----- Data to examine

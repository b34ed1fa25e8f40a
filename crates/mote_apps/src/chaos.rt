//! An application that makes calls at random, for tests only.

ghost use Rattle.std.specs.Prelude.{◌≡◌, ◌<◌, ◌^◌};
ghost use Rattle.mote_apps.specs.Chaos.{chaos_says, next_number, call_of, nth_call};

use mote_types::app::App;
use mote_types::call::Call;
use mote_types::event::{FIRST_APPLICATION, Payload, Stimulus};

/// The numbers of the generator are below this.
const MODULUS: u64 = 0x8000_0000;

/// Makes at each stimulus, whatever it is, a call that a generator of numbers chooses, on one of eight processes, timers,
/// handles, blocks or pools: what a hostile application may do (this project's profile). Only tests run it.
#[derive(Drop)]
pub struct Chaos {
    /// The number that was drawn last.
    pub x: u32,
}

/// The number after `x`.
fn next_number(x: u32) -> u32
    ensures number { result ≡ next_number x }
    ensures within { result < 2 ^ 31 }
{
    ((x as u64 * 1_103_515_245 + 12_345) % MODULUS) as u32
}

/// The chosen one of the sixteen calls.
fn nth_call(choice: u32, name: u8, size: u32) -> Call
    requires name { name < 8 }
    requires size { size < 256 }
    ensures { result ≡ nth_call choice name size }
{
    let pid = FIRST_APPLICATION + name;
    match choice {
        1 => Call::PostSynch(pid, 140, Payload::Empty),
        2 => Call::Kill(pid),
        3 => Call::Start(pid),
        4 => Call::Post(pid, 141, Payload::Empty),
        5 => Call::Poll(pid),
        6 => Call::TimerSet(name, size),
        7 => Call::CallbackSet(name, size),
        8 => Call::MmemAlloc(name, size),
        9 => Call::MmemFree(name),
        10 => Call::MmemRead(name, 0, size as u8),
        11 => Call::HeapAlloc(name, size),
        12 => Call::HeapRealloc(name, size),
        13 => Call::HeapFree(name),
        14 => Call::MembAlloc(name),
        15 => Call::Exit,
        _ => Call::Wait,
    }
}

/// The call of a number: four of its bits choose it, three the name, and the highest eight the size.
#[tactic(auto, unfolding(crate::specs::Chaos::call_of))]
fn make_call(x: u32) -> Call
    requires { x < 2 ^ 31 }
    ensures { result ≡ call_of x }
{
    nth_call(x / 0x1_0000 % 16, (x / 0x10_0000 % 8) as u8, x / 0x80_0000)
}

impl App for Chaos {
    ghost says = { chaos_says };

    fn turn(&mut self, _stimulus: &Stimulus) -> Call {
        self.x = next_number(self.x);
        make_call(self.x)
    }
}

----------

*What needs to be done*
State how many lines in the records contain the string "specs". Give the number with no words around it.

*Answer space*
3